▶ _EXERCISE INSTRUCTIONS_
Give the data again exactly, stopping after the "are as before." line.

▶ _RECORDS FOR THIS EXERCISE_
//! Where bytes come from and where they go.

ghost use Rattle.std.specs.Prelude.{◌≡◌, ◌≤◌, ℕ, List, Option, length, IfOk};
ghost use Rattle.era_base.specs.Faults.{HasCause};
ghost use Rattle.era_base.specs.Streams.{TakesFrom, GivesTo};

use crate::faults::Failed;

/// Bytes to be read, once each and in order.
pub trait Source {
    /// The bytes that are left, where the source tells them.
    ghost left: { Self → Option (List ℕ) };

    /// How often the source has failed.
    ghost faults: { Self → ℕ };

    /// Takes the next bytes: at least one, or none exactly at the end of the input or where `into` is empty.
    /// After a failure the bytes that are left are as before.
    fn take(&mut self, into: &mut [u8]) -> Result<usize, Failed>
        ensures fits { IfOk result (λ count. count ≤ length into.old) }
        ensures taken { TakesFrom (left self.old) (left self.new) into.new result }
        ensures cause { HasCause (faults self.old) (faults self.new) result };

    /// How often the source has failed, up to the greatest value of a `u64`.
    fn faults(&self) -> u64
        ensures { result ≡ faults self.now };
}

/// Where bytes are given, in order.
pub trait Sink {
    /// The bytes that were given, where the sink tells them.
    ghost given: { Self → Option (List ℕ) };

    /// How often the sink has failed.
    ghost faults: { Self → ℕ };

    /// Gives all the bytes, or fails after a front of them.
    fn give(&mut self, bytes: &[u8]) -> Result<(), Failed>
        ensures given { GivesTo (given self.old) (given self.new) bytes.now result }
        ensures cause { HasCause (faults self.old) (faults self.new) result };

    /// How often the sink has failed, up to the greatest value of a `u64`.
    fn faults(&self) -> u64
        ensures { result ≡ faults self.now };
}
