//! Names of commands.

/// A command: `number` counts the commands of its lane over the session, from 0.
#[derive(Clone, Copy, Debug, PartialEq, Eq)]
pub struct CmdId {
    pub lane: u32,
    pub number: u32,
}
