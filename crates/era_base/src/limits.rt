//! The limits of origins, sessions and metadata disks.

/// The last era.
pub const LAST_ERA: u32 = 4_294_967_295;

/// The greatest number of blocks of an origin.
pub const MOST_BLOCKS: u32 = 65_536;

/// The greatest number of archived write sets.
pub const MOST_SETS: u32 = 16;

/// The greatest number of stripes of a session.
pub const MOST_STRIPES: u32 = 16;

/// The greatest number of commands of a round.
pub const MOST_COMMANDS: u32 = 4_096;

▶ _OUTPUT FOR THIS EXERCISE_
//! Where bytes come from and where they go.

ghost use Rattle.std.specs.Prelude.{◌≡◌, ◌≤◌, ℕ, List, Option, length, IfOk};
ghost use Rattle.era_base.specs.Faults.{HasCause};
ghost use Rattle.era_base.specs.Streams.{TakesFrom, GivesTo};

use crate::faults::Failed;

/// Bytes to be read, once each and in order.
pub trait Source {
    /// The bytes that are left, where the source tells them.
    ghost left: { Self → Option (List ℕ) };

    /// How often the source has failed.
    ghost faults: { Self → ℕ };

    /// Takes the next bytes: at least one, or none exactly at the end of the input or where `into` is empty.
    /// After a failure the bytes that are left are as before.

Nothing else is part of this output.